Hoch­sommer 2022: Für viele Menschen in der Schweiz ist es der erste Sommer ohne Pandemie. Doch im Check­point Genf, der lokalen Anlauf­stelle für sexuell über­trag­bare Krank­heiten, herrscht Ratlo­sig­keit. Die Affen­pocken breiten sich seit Mai 2022 auf der ganzen Welt aus. Laut dem Bundesamt für Gesund­heit (BAG) sind Männer, die Sex mit Männern haben, sowie trans Personen mit wech­selnden männ­li­chen Sexu­al­part­nern beson­ders betroffen.
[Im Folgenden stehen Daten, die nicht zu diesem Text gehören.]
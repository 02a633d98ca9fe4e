//! How a command is read from the body of a record.
ghost use Rattle.std.specs.Prelude.{◌≡◌, ◌≢◌, ◌<◌, ◌^◌, ◌++◌, ◌∷◌, ℕ, List, length, true, IfOk, IsErrOf, MatchOption};
ghost use Rattle.std.specs.Int.{to_be_bytes, w64};
ghost use Rattle.tf_values.specs.Text.{is_name};
ghost use Rattle.tf_values.specs.Value.{IsValue, byte_form};
ghost use Rattle.tf_states.specs.declared.priorities.Priority.{Priority as APriority};
ghost use Rattle.tf_values.specs.declared.value.Val.{Val as AValue};
ghost use Rattle.tf_board.specs.declared.commands.Command.{Command as ACommand};
ghost use Rattle.tf_board.specs.declared.commands.JobAction.{JobAction as AnAction};
ghost use Rattle.tf_board.specs.Board as form;

use crate::commands::{Command, JobAction};
use std::alloc::Global;
use tf_states::Priority;
use tf_values::{MakeFault, Name, Val};

/// The command of these bytes, of which none may be left over. `No` comes exactly where no command has them.
pub fn decode_command(alloc: Global, bytes: &[u8]) -> Result<Command, MakeFault>
    ensures ok { IfOk result (λ command. form.IsCommand command × (form.command_bytes command ≡ bytes.now)) }
    ensures refused { IsErrOf result MakeFault.No → (command : ACommand) → form.IsCommand command
        → form.command_bytes command ≢ bytes.now }
{
    let Some((tag, rest)) = bytes.split_first() else {
        return Err(MakeFault::No);
    };
    if *tag == 1 {
        return post_in(alloc, rest);
    }
    let Some(action) = action_of(*tag) else {
        return Err(MakeFault::No);
    };
    match applied_in(action, rest) {
        Some(command) => Ok(command),
        None => Err(MakeFault::No),
    }
}

/// The job that is posted by these bytes behind their tag.
fn post_in(alloc: Global, bytes: &[u8]) -> Result<Command, MakeFault>
    ensures ok { IfOk result (λ command. form.IsCommand command × (form.command_bytes command ≡ 1 ∷ bytes.now)) }
    ensures refused { IsErrOf result MakeFault.No → (name : List ℕ) (priority : APriority) (details : AValue)
        → is_name name ≡ true → IsValue details
        → bytes.now ≢ form.name_bytes name ++ (form.priority_byte priority ∷ byte_form details) }
{
    let Some(read) = name_at(bytes) else {
        return Err(MakeFault::No);
    };
    let (name, rest) = read;
    let Some((priority, form)) = priority_at(rest) else {
        return Err(MakeFault::No);
    };
    let details = value_in(alloc, form)?;
    Ok(Command::Post {
        name,
        priority,
        details,
    })
}

/// The value of these bytes, of which none may be left over.
fn value_in(alloc: Global, bytes: &[u8]) -> Result<Val, MakeFault>
    ensures ok { IfOk result (λ value. IsValue value × (byte_form value ≡ bytes.now)) }
    ensures refused { IsErrOf result MakeFault.No → (value : AValue) → IsValue value → byte_form value ≢ bytes.now }
{
    let (value, len) = Val::decode(alloc, bytes)?;
    if len != bytes.len() {
        return Err(MakeFault::No);
    }
    Ok(value)
}

/// What an owner did to the job by these bytes, which are the job's number and the owner's name.
fn applied_in(action: JobAction, bytes: &[u8]) -> Option<Command>
    ensures { MatchOption result
        ((job : ℕ) (owner : List ℕ) → job < 2 ^ 64 → is_name owner ≡ true
        → bytes.now ≢ to_be_bytes w64 job ++ form.name_bytes owner)
        (λ command. form.IsCommand command × (form.command_bytes command ≡ form.action_byte action ∷ bytes.now)) }
{
    let Some((job, rest)) = number_at(bytes) else {
        return None;
    };
    let Some((owner, rest)) = name_at(rest) else {
        return None;
    };
    if !rest.is_empty() {
        return None;
    }
    Some(Command::Apply { action, job, owner })
}

/// The number of eight bytes at the front, and what stands behind it.
fn number_at(bytes: &[u8]) -> Option<(u64, &[u8])>
    ensures { MatchOption result (length bytes.now < 8) (λ read. (read.0 < 2 ^ 64)
        × (bytes.now ≡ to_be_bytes w64 read.0 ++ read.1.now)) }
{
    let (prefix, rest) = bytes.split_first_chunk::<8>()?;
    Some((u64::from_be_bytes(*prefix), rest))
}

/// The name at the front behind its length, and what stands behind it.
fn name_at(bytes: &[u8]) -> Option<(Name, &[u8])>
    ensures { MatchOption result
        ((name rest : List ℕ) → is_name name ≡ true → bytes.now ≢ form.name_bytes name ++ rest)
        (λ read. (is_name read.0 ≡ true) × (bytes.now ≡ form.name_bytes read.0 ++ read.1.now)) }
{
    let (len, rest) = bytes.split_first()?;
    let len = *len as usize;
    if rest.len() < len {
        return None;
    }
    let (prefix, rest) = rest.split_at(len);
    let name = Name::make(prefix)?;
    let _bytes = name.bytes();
    Some((name, rest))
}

/// The priority at the front, and what stands behind its byte.
fn priority_at(bytes: &[u8]) -> Option<(Priority, &[u8])>
    ensures { MatchOption result
        ((priority : APriority) (rest : List ℕ) → bytes.now ≢ form.priority_byte priority ∷ rest)
        (λ read. bytes.now ≡ form.priority_byte read.0 ∷ read.1.now) }
{
    let (tag, rest) = bytes.split_first()?;
    let priority = priority_of(*tag)?;
    Some((priority, rest))
}

/// The priority that has this byte.
fn priority_of(tag: u8) -> Option<Priority>
    ensures { MatchOption result ((priority : APriority) → form.priority_byte priority ≢ tag)
        (λ priority. form.priority_byte priority ≡ tag) }
{
    match tag {
        0 => Some(Priority::VeryHigh),
        1 => Some(Priority::High),
        2 => Some(Priority::Normal),
        3 => Some(Priority::Low),
        4 => Some(Priority::VeryLow),
        _ => None,
    }
}

/// What an owner does that has this byte.
fn action_of(tag: u8) -> Option<JobAction>
    ensures { MatchOption result ((action : AnAction) → form.action_byte action ≢ tag)
        (λ action. form.action_byte action ≡ tag) }
{
    match tag {
        2 => Some(JobAction::Claim),
        3 => Some(JobAction::Abandon),
        4 => Some(JobAction::Consume),
        5 => Some(JobAction::Trash),
        _ => None,
    }
}
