ghost use Rattle.std.specs.Prelude.{◌≡◌, IfOk, IsTrue};
ghost use Rattle.tf_board.specs.Board.{standing_after, is_there as there, state_of as state_in, holder_of as holder_in, same_priority as priority_is, is_listed as listed, free_as as free_under, line_of as line_in};

use crate::commands::JobAction;
use crate::ids::id_text;
use std::alloc::Global;
use tf_report::JobLine;
use tf_states::{JobState, Priority};
use tf_values::{Memory, Name};
use uuid::Uuid;

/// Where a job stands: nobody has it, an owner has it, it was finished, or it was thrown away.
#[derive(Clone, Copy, Debug)]
pub enum Standing {
    Free,
    Held(Name),
    Consumed,
    Trashed,
}

/// A job of a board.
#[derive(Clone, Copy)]
pub struct Job {
    pub number: u64,
    pub id: Uuid,
    pub name: Name,
    pub priority: Priority,
    pub standing: Standing,
}

impl Standing {
    ghost use Rattle.std.specs.Prelude.{◌≡◌};
    ghost use Rattle.tf_board.specs.Board.{standing_after, is_free as free, is_there as there, state_of as state_in, holder_of as holder_in};

    /// Where a job stands after what an owner did with it.
    pub fn after(action: JobAction, owner: &Name) -> Standing
        ensures { result ≡ standing_after action owner.now }
    {
        match action {
            JobAction::Claim => Standing::Held(*owner),
            JobAction::Abandon => Standing::Free,
            JobAction::Consume => Standing::Consumed,
            JobAction::Trash => Standing::Trashed,
        }
    }

    /// Whether nobody has the job, and it isn't gone.
    pub fn is_free(self) -> bool
        ensures { result ≡ free self }
    {
        matches!(self, Standing::Free)
    }

    /// Whether the job isn't gone.
    pub fn is_there(self) -> bool
        ensures { result ≡ there self }
    {
        matches!(self, Standing::Free | Standing::Held(_))
    }

    /// The state of the job.
    fn state(self) -> JobState
        ensures { result ≡ state_in self }
    {
        match self {
            Standing::Free => JobState::Unclaimed,
            Standing::Held(_) => JobState::Claimed,
            Standing::Consumed | Standing::Trashed => JobState::Complete,
        }
    }

    /// Who has the job, if somebody does.
    fn holder(self) -> Option<Name>
        ensures { result ≡ holder_in self }
    {
        match self {
            Standing::Held(owner) => Some(owner),
            Standing::Free | Standing::Consumed | Standing::Trashed => None,
        }
    }
}

/// The priority under which a job is free, or none where somebody has it or it is gone.
pub fn free_as(job: &Job) -> Option<Priority>
    ensures { result ≡ free_under job.now }
{
    if job.standing.is_free() {
        Some(job.priority)
    } else {
        None
    }
}

/// Whether the two priorities are the same.
pub fn is_priority(a: Priority, b: Priority) -> bool
    ensures { result ≡ priority_is a b }
{
    match a {
        Priority::VeryHigh => matches!(b, Priority::VeryHigh),
        Priority::High => matches!(b, Priority::High),
        Priority::Normal => matches!(b, Priority::Normal),
        Priority::Low => matches!(b, Priority::Low),
        Priority::VeryLow => matches!(b, Priority::VeryLow),
    }
}

/// Whether the job is listed among those of the priority.
pub fn is_listed(priority: Priority, job: &Job) -> bool
    ensures { result ≡ listed priority job.now }
{
    if !is_priority(job.priority, priority) {
        return false;
    }
    job.standing.is_there()
}

/// What the list says of the job.
pub fn line_of(alloc: Global, job: &Job) -> Result<JobLine, Memory>
    ensures { IfOk result (λ line. line ≡ line_in job.now) }
{
    let id = id_text(alloc, &job.id)?;
    Ok(JobLine {
        number: job.number,
        id,
        name: job.name,
        priority: job.priority,
        state: job.standing.state(),
        owner: job.standing.holder(),
    })
}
„Unser Zentrum wurde über­rannt”, erin­nert sich Kran­ken­pfleger Loïc Michaud. Viele Menschen fragten nach Infor­ma­tionen, doch selbst beim Check­point war unklar, wie sich die Krank­heit ausbrei­tete und welche Thera­pien zu ihrer Behand­lung ange­wendet werden könnten. Es fehlte an klaren Infor­ma­tionen durch staat­liche Behörden. „Manche fühlten sich zurück­ver­setzt in das Trauma, das die Aids-Pandemie bei uns auslöste”, erzählt Michaud.
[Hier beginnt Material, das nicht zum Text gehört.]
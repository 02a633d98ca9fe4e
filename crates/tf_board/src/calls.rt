use crate::commands::JobAction;
use tf_states::Priority;
use tf_values::{Name, Val};
use uuid::Uuid;

/// A call that is to record something: that a job is posted, or that an owner does something with the job that an id
/// names.
#[derive(Debug, Drop)]
pub enum JobCall {
    Post {
        name: Name,
        priority: Priority,
        details: Val,
    },
    Apply {
        action: JobAction,
        id: Uuid,
        owner: Name,
    },
}

/// What is asked of a board: to make a call, who has the job that an id names, or which jobs there are.
#[derive(Debug, Drop)]
pub enum BoardRequest {
    Call(JobCall),
    Owner { id: Uuid },
    List,
}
Im Gegen­satz zu Covid war Mpox, wie die Affen­pocken inzwi­schen zur Vermei­dung von Diskri­mi­nie­rung heissen, nicht omni­prä­sent in den Medien. Und im Gegen­satz zu vielen Nach­bar­län­dern hatte die Schweiz im Sommer 2022 weder einen unter­schrie­benen Kauf­ver­trag für den Impf­stoff, geschweige denn eine laufende Impf­kam­pagne gegen Mpox in die Wege geleitet. Hier­zu­lande musste die betrof­fene Commu­nity bis Mitte November auf die Impfung warten – mehr als vier Monate länger als in Deutsch­land oder Frankreich.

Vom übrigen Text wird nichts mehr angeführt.